The Gambian government has called on global partners to swiftly respond with their support after it declared a status of food insecurity on Wednesday. A statement from the Vice President’s office disclosed that assessment had shown a failure of 2018 cropping season across the country. “About 1,711,318 people will be under pressure throughout the year…”
Editor
September 20, 2018 11:55 am

The Gambian government has called on global partners to swiftly respond with their support after it declared a status of food insecurity on Wednesday.

A statement from the Vice President’s office disclosed that assessment had shown a failure of 2018 cropping season across the country.

“About 1,711,318 people will be under pressure throughout the year if the present rainfall situation continues up to the end of the cropping season,” said the statement.

“Rice production is expected to drop by 45 per cent, leaving production level at about 15,098 metric tons (mt), which can cover about eight per cent of the rice needs of the regions leaving a gap of 92 per cent (185,126 mt).

This shortfall is valued at 5.2 billion Dalasis (110.3 million dollars),” it said.

Direct access to food and nutrition packages from the government of The Gambia and development partners to the tune of 200,224 mt of rice and 99,256 mt of coarse grains in 2019.

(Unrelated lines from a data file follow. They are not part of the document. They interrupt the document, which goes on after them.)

/// Whether a group of functions fits.
#[cycle(walk)]
fn group_brings(
    functions: &[Function],
    alloc: Global,
    tables: &Tables,
    facts: &Facts,
    marks: &mut Stack<Mark>,
    scope: &mut Scope,
    parameters: usize,
) -> Result<bool, NoMemory>
    requires exn { type_at tables.now.types facts.now.exn ≡ exn_type }
    requires orders { AreOrders tables.now.types facts.now.orders }
    ensures yes { IfOk result (λ yes. yes ≡ true → IsGroup tables.now (marks_of marks.old) scope.old parameters functions.now) }
    ensures no { IfOk result (λ yes. yes ≡ false → IsGroup tables.now (marks_of marks.old) scope.old parameters functions.now → ⊥) }
    ensures bound { IfOk result (λ yes. yes ≡ true
        → Gathers tables.now (known_as tables.now (Standing.Over parameters)) scope.old scope.new
        (funs_of (map (function_of (reading tables.now)) functions.now))) }
    ensures marks { IfOk result (λ yes. yes ≡ true → marks_of marks.new ≡ marks_of marks.old) }
{
    let len = marks.len();
    let place = scope.mark();
    let opens = open_group(tables, marks, scope, parameters, functions)?;
    if !opens {
        return Ok(false);
    }
    let fit = functions_fit(functions, alloc, tables, facts, marks, scope)?;
    if !fit {
        return Ok(false);
    }
    let closes = close_group(tables, marks, scope, len, place, parameters, functions)?;
    Ok(closes)
}

/// Whether the functions of a group fit.
#[cycle(walk)]
fn functions_fit(
    functions: &[Function],
    alloc: Global,
    tables: &Tables,
    facts: &Facts,
    marks: &mut Stack<Mark>,
    scope: &mut Scope,
) -> Result<bool, NoMemory>
    requires exn { type_at tables.now.types facts.now.exn ≡ exn_type }
    requires orders { AreOrders tables.now.types facts.now.orders }
    ensures yes { IfOk result (λ yes. yes ≡ true → Each (IsFunction tables.now (marks_of marks.old) scope.old) functions.now) }
    ensures no { IfOk result (λ yes. yes ≡ false → Each (IsFunction tables.now (marks_of marks.old) scope.old) functions.now → ⊥) }
    ensures marks { IfOk result (λ yes. yes ≡ true → marks_of marks.new ≡ marks_of marks.old) }
    ensures scope { IfOk result (λ yes. yes ≡ true → scope.new ≡ scope.old) }
{
    for i in 0..functions.len() {
        let function = &functions[i];
        let yes = function_fits(function, alloc, tables, facts, marks, scope)?;
        if !yes {
            return Ok(false);
        }
    }
    Ok(true)
}

/// Whether a function of a group fits.
#[cycle(walk)]
fn function_fits(
    function: &Function,
    alloc: Global,
    tables: &Tables,
    facts: &Facts,
    marks: &mut Stack<Mark>,
    scope: &mut Scope,
) -> Result<bool, NoMemory>
    requires exn { type_at tables.now.types facts.now.exn ≡ exn_type }
    requires orders { AreOrders tables.now.types facts.now.orders }
    ensures yes { IfOk result (λ yes. yes ≡ true → IsFunction tables.now (marks_of marks.old) scope.old function.now) }
    ensures no { IfOk result (λ yes. yes ≡ false → IsFunction tables.now (marks_of marks.old) scope.old function.now → ⊥) }
    ensures marks { IfOk result (λ yes. yes ≡ true → marks_of marks.new ≡ marks_of marks.old) }
    ensures scope { IfOk result (λ yes. yes ≡ true → scope.new ≡ scope.old) }
{
    let place = scope.mark();
    let over = is_over(alloc, &tables.types, marks, function.ty)?;
    if !over {
        return Ok(false);
    }
    let found = enter_function(
        alloc,
        tables,
        marks,
        scope,
        &function.parameters,
        function.last,
        function.ty,
    )?;
    let ty = match found {
        Some(given) => given,
        None => return Ok(false),
    };
    let ends = exp_fits(
        &function.body,
        alloc,
        tables,
        facts,
        marks,
        scope,
        false,
        ty,
    )?;
    scope.restore(place);
    Ok(ends)
}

These will be needed to help mitigate against the eminent food insecurity pressure, said the statement signed by Vice President, Ousainou Darboe.

“On behalf of the Government and the people of The Gambia, I make a passionate plea for assistance from all development partners and friends of The Gambia to help mitigate the effects of food insecurity that will affect over 1.7 million Gambians,” Darboe said.

The Department of Water Resources’ seasonal rainfall prediction for July, August and September 2018 indicated 45 per cent chance of below normal rainfall, 40 per cent chance of near-normal rainfall and 15 per cent chance for above normal rainfall.